# Разное > Коллекционирование >  Солдатское "творчество"

## Мриевец

Посмотрите на фотографии советских “дембелей”, отслуживших в СА или на флоте. Практически у всех грудь увешана различными значками. Это и “ГВАРДИЯ”, и “ОТЛИЧНИК СОВЕТСКОЙ АРМИИ (ВВС, ВМФ)”, и “ВОИН-СПОРТСМЕН” (а бывало еще и “МАСТЕР СПОРТА”), и класс по специальности (белая цифра на синем щите со звездой), и юбилейная медаль части (корабля), и “ПАРАШЮТИСТ ОТЛИЧНИК” (иногда и у человека, никогда не одевавшего парашют)…
 И, как правило, комсомольский значок с яркой самодельной подкладкой, выполненной в виде флага, либо продолговатого ромба, либо еще чего то.
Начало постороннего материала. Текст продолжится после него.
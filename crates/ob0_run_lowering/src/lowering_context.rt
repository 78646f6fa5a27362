//! Defines `LoweringContext`, the data of a module that is needed to lower the module's blocks.

ghost use Rattle.std.specs.Prelude.{◌≡◌};

use crate::TypeLayouts;
use ob0_scope_table::Resolved;
use ob0_types_table::TypeId;
use std::alloc::Global;

/// The data that is needed to lower the blocks of a module: the module, its types, and the
/// allocator.
#[derive(Clone, Copy)]
pub(crate) struct LoweringContext<'g, 'k, 't> {
    pub(crate) alloc: Global,
    pub(crate) resolved: &'g Resolved<'t>,
    pub(crate) types: &'g TypeLayouts<'k>,
}

impl<'g, 'k, 't> LoweringContext<'g, 'k, 't> {
    ghost use Rattle.std.specs.Prelude.{option_map};
    ghost use Rattle.ob0_scope_table.specs.LabelledTrees.{label_at_token};
    ghost use Rattle.ob0_types_table.specs.DeclarationTables.{shapes_of};
    ghost use Rattle.ob0_types_table.specs.DeclarationTableView.{type_shape};
    ghost use Rattle.ob0_language_types.specs.Typing.{type_of_object};
    ghost use Rattle.ob0_run_lowering.specs.Scenes.{object_of_label};
    ghost use Rattle.ob0_run_lowering.specs.PlacedNames.{declared_size};

    /// Returns the type of the variable, parameter or constant that the name at a token declares.
    /// If the name declares a type, returns this type. Returns None for any other declaration, or
    /// if the name declares nothing.
    fn declared_type_at_token(&self, name: usize) -> Option<TypeId>
        ensures { option_map (type_shape (shapes_of self.now.types.now)) result
            ≡ type_of_object (object_of_label self.now.types.now (label_at_token self.now.resolved.now name)) }
    {
        let ordinal = self.resolved.ordinal_at(name)?;
        self.types.declarations().declared_type(ordinal)
    }

    /// Returns the number of cells of the variable that the name at a token declares, or 0 if the
    /// name has no type.
    pub(crate) fn declared_size_at_token(&self, name: usize) -> usize
        ensures { result ≡ declared_size self.now.types.now
            (label_at_token self.now.resolved.now name) }
    {
        match self.declared_type_at_token(name) {
            None => 0,
            Some(of) => self.types.size(of),
        }
    }
}
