//! Defines `Scene`, the data that is needed to lower a body, and `LoweredSite`, the site of a
//! declaration in lowered code.

ghost use Rattle.std.specs.Prelude.{◌≡◌, IfOk};
ghost use Rattle.ob0_run_machine.specs.LoweredCodeViews.{place_of};
ghost use Rattle.ob0_run_cells.specs.LoweredExpressions.{slot_place};
ghost use Rattle.ob0_run_cells.specs.LoweredExpressions as slots;

use crate::places::var_parameter_place;
use crate::type_layouts::TypeLayouts;
use ob0_run_machine::code::{Place, Variable};
use ob0_scope_table::Resolved;
use ob0_types_table::Object;
use std::alloc::{AllocError, Global};

/// The site of a declaration in lowered code. `depth` is the depth of an activation: 0 for the
/// module, 1 for the procedures that the module declares, 2 for the procedures inside these.
#[derive(Clone, Copy, PartialEq, Eq)]
pub enum LoweredSite {
    /// The declaration isn't in lowered code, for example because it is a constant or a type.
    Nowhere,
    /// A variable, at an offset in the cells of the module.
    InModule(usize),
    /// A variable, at an offset in the cells of an activation with this depth.
    InActivation { depth: usize, offset: usize },
    /// A VAR parameter of an activation with this depth, by its index among the VAR parameters.
    ByReference { depth: usize, index: usize },
    /// A procedure that is declared in an activation with this depth, by its index in the program.
    Procedure { depth: usize, index: usize },
}

/// The procedure that a call enters. `procedure` is the procedure's index in the program. `up` is
/// the number of levels from the caller's activation out to the activation in which the procedure
/// is declared.
#[derive(Clone, Copy)]
pub struct CallTarget {
    pub procedure: usize,
    pub up: usize,
}

impl CallTarget {
    /// Returns the target for a name that isn't a procedure's name: the target with index 0 that is
    /// 0 levels out.
    fn fallback_target() -> CallTarget
        ensures { result ≡ record { procedure = 0; up = 0 } }
    {
        CallTarget {
            procedure: 0,
            up: 0,
        }
    }
}

/// The data that is needed to lower a body. It has the module, the layouts of its types, the sites
/// of declarations in lowered code, and the depth of the body's activation. `sites` has the site of
/// each declaration at the declaration's ordinal. The depth of the module is 0.
#[derive(Clone, Copy)]
pub struct Scene<'s, 'k, 't> {
    pub resolved: &'s Resolved<'t>,
    pub types: &'s TypeLayouts<'k>,
    pub sites: &'s [LoweredSite],
    pub depth: usize,
}

impl<'s, 'k, 't> Scene<'s, 'k, 't> {
    ghost use Rattle.std.specs.Prelude.{option_and_then};
    ghost use Rattle.ob0_scope_table.specs.LabelledTrees.{label_at_token};
    ghost use Rattle.ob0_types_table.specs.DeclarationTables.{shapes_of};
    ghost use Rattle.ob0_types_table.specs.DeclarationTableView.{object_view};
    ghost use Rattle.ob0_run_lowering.specs.Scenes.{object_of_label, place_seen_from_depth, slot_of_label, target_of_label, place_of_label};

    /// Returns the object of the declaration that the name at a token refers to, or None if the
    /// name isn't bound.
    pub fn object_at_token(&self, name: usize) -> Option<&'k Object>
        ensures { option_and_then (λ o. object_view (shapes_of self.now.types.now) o.now) result
            ≡ object_of_label self.now.types.now (label_at_token self.now.resolved.now name) }
    {
        let ordinal = self.resolved.ordinal_at(name)?;
        self.types.declarations().object(ordinal)
    }

    /// Returns the site of the declaration that the name at a token refers to. Returns `Nowhere` if
    /// the name is unbound, or if its declaration has no site.
    fn site_at_token(&self, name: usize) -> LoweredSite
        ensures { place_seen_from_depth self.now.depth result
            ≡ place_of_label self.now (label_at_token self.now.resolved.now name) }
    {
        match self.resolved.ordinal_at(name) {
            None => LoweredSite::Nowhere,
            Some(ordinal) => match self.sites.get(ordinal) {
                None => LoweredSite::Nowhere,
                Some(site) => *site,
            },
        }
    }

    /// Returns the target of a call of the procedure that the name at a token refers to. The call
    /// is in the scene's body. For any other name, returns the target with index 0 that is 0 levels
    /// out.
    pub fn call_target_at_token(&self, name: usize) -> CallTarget
        ensures { record { procedure = result.procedure; up = result.up }
            ≡ target_of_label self.now (label_at_token self.now.resolved.now name) }
    {
        match self.site_at_token(name) {
            LoweredSite::Procedure { depth, index } => CallTarget {
                procedure: index,
                up: self.depth.saturating_sub(depth),
            },
            LoweredSite::Nowhere => CallTarget::fallback_target(),
            LoweredSite::InModule(_) => CallTarget::fallback_target(),
            LoweredSite::InActivation { .. } => CallTarget::fallback_target(),
            LoweredSite::ByReference { .. } => CallTarget::fallback_target(),
        }
    }

    /// Returns the place by which code in the scene's body finds the variable that the name at a
    /// token refers to. For any other name, this is the module's first cell.
    pub(crate) fn variable_place_at_token(
        &self,
        alloc: Global,
        name: usize,
    ) -> Result<Place, AllocError>
        ensures { IfOk result (λ p. place_of p
            ≡ slot_place (slot_of_label self.now (label_at_token self.now.resolved.now name))) }
    {
        match self.site_at_token(name) {
            LoweredSite::InModule(offset) => Ok(Place::Variable(Variable::InModule(offset))),
            LoweredSite::InActivation { depth, offset } => {
                Ok(place_in_activation(self.depth.saturating_sub(depth), offset))
            }
            LoweredSite::ByReference { depth, index } => {
                var_parameter_place(alloc, self.depth.saturating_sub(depth), index, 0)
            }
            LoweredSite::Nowhere => Ok(Place::Variable(Variable::InModule(0))),
            LoweredSite::Procedure { .. } => Ok(Place::Variable(Variable::InModule(0))),
        }
    }
}

/// Returns the place at an offset in the cells of the activation `up` levels out.
fn place_in_activation(up: usize, offset: usize) -> Place
    ensures { place_of result ≡ slot_place (slots.in_activation up offset) }
{
    if up == 0 {
        Place::Variable(Variable::InOwnActivation(offset))
    } else {
        Place::InEnclosingActivation { up, offset }
    }
}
В общем, все зависело от способностей, фантазии, ну и, конечно же, возможностей солдат (моряков). А иногда попадаются и вовсе оригинальные вещи. Предлагаю в этой ветке собрать коллекцию самодельных солдатских значков.
На фото значок, изготовленный Резниченко Николаем Павловичем. В 1971 году проходил службу авиамехаником в ТВВАУЛ им. Расковой. Материал значка – мельхиор (кусок трубопровода достал еще во время учебы в ШМАСе в г. Рубцовск Алтайского края). Размеры значка – 55*18 мм. Крепление: с тыльной стороны припаяна шпилька с резьбой. Рисунок заготовки выполнен «по мотивам» то ли МиГ-21, то ли Су-7 и воплощен, как минимум, в двух экземплярах.

----------